Question 3 True / False
Every prime p ≡ 1 (mod 4) can be written as a sum of two squares.
TTrue
FFalse
Answer: True
This is part of Fermat's theorem on sums of two squares. Primes p ≡ 1 (mod 4) split in the Gaussian integers: p = π · π̄ where π = a + bi is a Gaussian prime with |π|² = a² + b² = p. Examples: 5 = 1² + 2², 13 = 2² + 3², 17 = 1² + 4², 29 = 2² + 5². The splitting behavior is controlled by quadratic reciprocity: −1 is a quadratic residue mod p exactly when p ≡ 1 (mod 4), which is what allows ℤ[i] to factor p. Primes p ≡ 3 (mod 4) are inert and never split, so they cannot be sums of two squares.
Question 4 True / False
The number 63 = 3² × 7 can seldom be expressed as a sum of two squares, because both 3 and 7 are congruent to 3 mod 4.
TTrue
FFalse
Answer: False
The theorem requires that *every* prime p ≡ 3 (mod 4) appear to an even power. Here 3 appears to the power 2 (even) — this is allowed. But 7 ≡ 3 (mod 4) appears to the power 1 (odd) — this blocks representability. So 63 cannot be a sum of two squares, but *not* because both primes are ≡ 3 mod 4. It fails because 7 appears to an odd power. If 63 = 3² × 7 fails but 45 = 3² × 5 succeeds, the question is about the specific prime 7 appearing to an odd power. The statement's reasoning ('because both are ≡ 3 mod 4') is wrong even though the conclusion (not representable) happens to be right.
Question 5 Short Answer
Why do primes p ≡ 3 (mod 4) block the representation of n as a sum of two squares when they appear to an odd power, but not when they appear to an even power? Use the Gaussian integer framework.
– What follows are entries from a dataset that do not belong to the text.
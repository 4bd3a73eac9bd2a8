// Document 01, "Audit and block store": how a sketch's store is judged, and how long it is.
#![tactic(auto)]

pub mod judge;
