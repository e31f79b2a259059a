// One pair of a block, judged: wrong stage, leading login only and twice come before its value.
ghost use Rattle.std.specs.Prelude.{◌≡◌, false, get_or, Ok};
ghost use Rattle.text.specs.Text.{pick, listed};
ghost use Rattle.key_table.specs.Table.{kind_at, place_of_key, place_of_found};
ghost use Rattle.key_values.specs.declared.value.Judgement.TheVariants as J;
ghost use Rattle.keys.specs.Judge.{good_length, initiator_name, target_name, session_type, judge_by, stands, leading_only, judge_key, judge_named};

use key_table::table::{Key, Kind, kind_of, row_of};
use key_values::value::{Judgement, Reply, settle};
use text::slice::{lists, same_bytes};

// What a pair is judged by beside its key, its value and the keys that came: the request's stage, whether the login is leading, and our target name.
#[derive(Clone, Copy)]
pub struct Context<'a> {
    pub stage: u8,
    pub leading: bool,
    pub ours: &'a [u8],
}

// InitiatorName and TargetName have 1 to 223 bytes.
fn length_good(v: &[u8]) -> bool
    ensures { result ≡ good_length v.now }
{
    let n = v.len();
    (1 <= n) & (n <= 223)
}

#[tactic(auto, unfolding(crate::specs::Judge::initiator_name))]
fn initiator_name(v: &[u8]) -> Result<Judgement, u16>
    ensures { result ≡ initiator_name v.now }
{
    if length_good(v) {
        Ok(Judgement::Said(Reply::Silent))
    } else {
        Err(0x0200)
    }
}

#[tactic(auto, unfolding(crate::specs::Judge::target_name))]
fn target_name(ours: &[u8], v: &[u8]) -> Result<Judgement, u16>
    ensures { result ≡ target_name ours.now v.now }
{
    if !length_good(v) {
        return Err(0x0200);
    }
    if !same_bytes(v, ours) {
        return Err(0x0203);
    }
    Ok(Judgement::Said(Reply::Silent))
}

#[tactic(auto, unfolding(crate::specs::Judge::session_type))]
fn session_type(v: &[u8]) -> Result<Judgement, u16>
    ensures { result ≡ session_type v.now }
{
    if same_bytes(v, b"Normal") {
        return Ok(Judgement::Said(Reply::Silent));
    }
    if same_bytes(v, b"Discovery") {
        return Err(0x0209);
    }
    Err(0x0200)
}

// A key whose value is a comma list: said where the list has the word, else the other judgement.
fn by_list(
    v: &[u8],
    word: &[u8],
    said: Reply,
    other: Result<Judgement, u16>,
) -> Result<Judgement, u16>
    ensures { result ≡ pick (listed word.now v.now) (Ok (J.Said said)) other }
{
    if lists(v, word) {
        Ok(Judgement::Said(said))
    } else {
        other
    }
}

// The value of key k, which is of this kind. A key that is settled by a row has it at its place.
#[tactic(auto, unfolding(crate::specs::Judge::digest, crate::specs::Judge::task_reporting, crate::specs::Judge::auth_method))]
fn judge_value(kind: Kind, k: Key, ours: &[u8], v: &[u8]) -> Result<Judgement, u16>
    requires { kind ≡ kind_at (place_of_key k) }
    ensures { result ≡ judge_by kind (place_of_key k) ours.now v.now }
{
    match kind {
        Kind::Negotiated | Kind::Declared => Ok(settle(row_of(k as usize), v)),
        Kind::Digest => by_list(v, b"None", Reply::None, Ok(Judgement::Said(Reply::Reject))),
        Kind::TaskReporting => by_list(
            v,
            b"RFC3720",
            Reply::Rfc3720,
            Ok(Judgement::Said(Reply::Reject)),
        ),
        Kind::AuthMethod => by_list(v, b"None", Reply::None, Err(0x0201)),
        Kind::InitiatorName => initiator_name(v),
        Kind::TargetName => target_name(ours, v),
        Kind::SessionType => session_type(v),
        Kind::InitiatorAlias => Ok(Judgement::Said(Reply::Silent)),
        Kind::Marker => Ok(Judgement::Said(Reply::Reject)),
        Kind::Refused => Err(0x0200),
    }
}

// Operational keys stand in stage 1, AuthMethod in stage 0, the others in either.
fn may_stand(kind: Kind, stage: u8) -> bool
    ensures { result ≡ stands kind stage }
{
    match kind {
        Kind::Negotiated | Kind::Declared | Kind::Digest | Kind::TaskReporting => stage == 1,
        Kind::AuthMethod => stage == 0,
        Kind::InitiatorName
        | Kind::TargetName
        | Kind::SessionType
        | Kind::InitiatorAlias
        | Kind::Marker
        | Kind::Refused => true,
    }
}

// The table's keys but MaxRecvDataSegmentLength, and TaskReporting.
fn only_leading(kind: Kind) -> bool
    ensures { result ≡ leading_only kind }
{
    matches!(kind, Kind::Negotiated | Kind::TaskReporting)
}

// A known key, seen before in this login or not.
#[tactic(auto, unfolding(crate::specs::Judge::judge_key))]
fn judge_key(seen: bool, by: &Context<'_>, k: Key, v: &[u8]) -> Result<Judgement, u16>
    ensures { result ≡ judge_key seen by.now.stage by.now.leading by.now.ours.now (place_of_key k) v.now }
{
    let kind = kind_of(k);
    if !may_stand(kind, by.stage) | (only_leading(kind) & !by.leading) | seen {
        return Err(0x0200);
    }
    judge_value(kind, k, by.ours, v)
}

// A pair whose name is key k's, None for one that is not known, after these keys came.
#[tactic(auto, unfolding(crate::specs::Judge::judge_named))]
pub fn judge_pair(
    seen: &[bool; 28],
    by: &Context<'_>,
    k: Option<Key>,
    v: &[u8],
) -> Result<Judgement, u16>
    ensures { result ≡ judge_named (get_or seen.now (place_of_found k) false) by.now.stage by.now.leading by.now.ours.now (place_of_found k) v.now }
{
    let Some(k) = k else {
        return Ok(Judgement::Said(Reply::NotUnderstood));
    };
    judge_key(seen[k as usize], by, k, v)
}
Think about your answer, then reveal below.
Model answer: In ℤ[i], primes p ≡ 3 (mod 4) are inert — they remain prime and do not split. This means p cannot be written as N(π) = a² + b² for any Gaussian integer π. When p appears to an odd power in n, the factorization of n in ℤ[i] contains a factor of p that cannot be paired with its conjugate, so n cannot be expressed as a norm N(α) = a² + b². But when p appears to an even power, two copies of p together give p² = (p + 0i)(p − 0i), which is a norm (N(p) = p²), and this can contribute to a representation of n. The even-power condition is exactly what allows the inert primes to 'cancel out' and leave n as a norm.
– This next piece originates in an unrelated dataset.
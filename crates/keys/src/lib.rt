// The keys of the login phase (RFC 7143, section 13), judged: one pair of a block, by the request's stage and the keys that came.
#![tactic(auto)]

pub mod judge;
The Gaussian integer framework reveals why the condition is about even vs. odd powers, not just about which primes appear. Each inert prime must appear in matched pairs to be expressible as a norm. One unpaired inert prime leaves a factor that lives in ℤ[i] only as an integer (no complex part), preventing the overall expression as a² + b² with b ≠ 0. This is why 9 = 3² = 3² + 0² barely works (as a trivial square) while 3 itself cannot be written as a sum of two squares in a nontrivial way.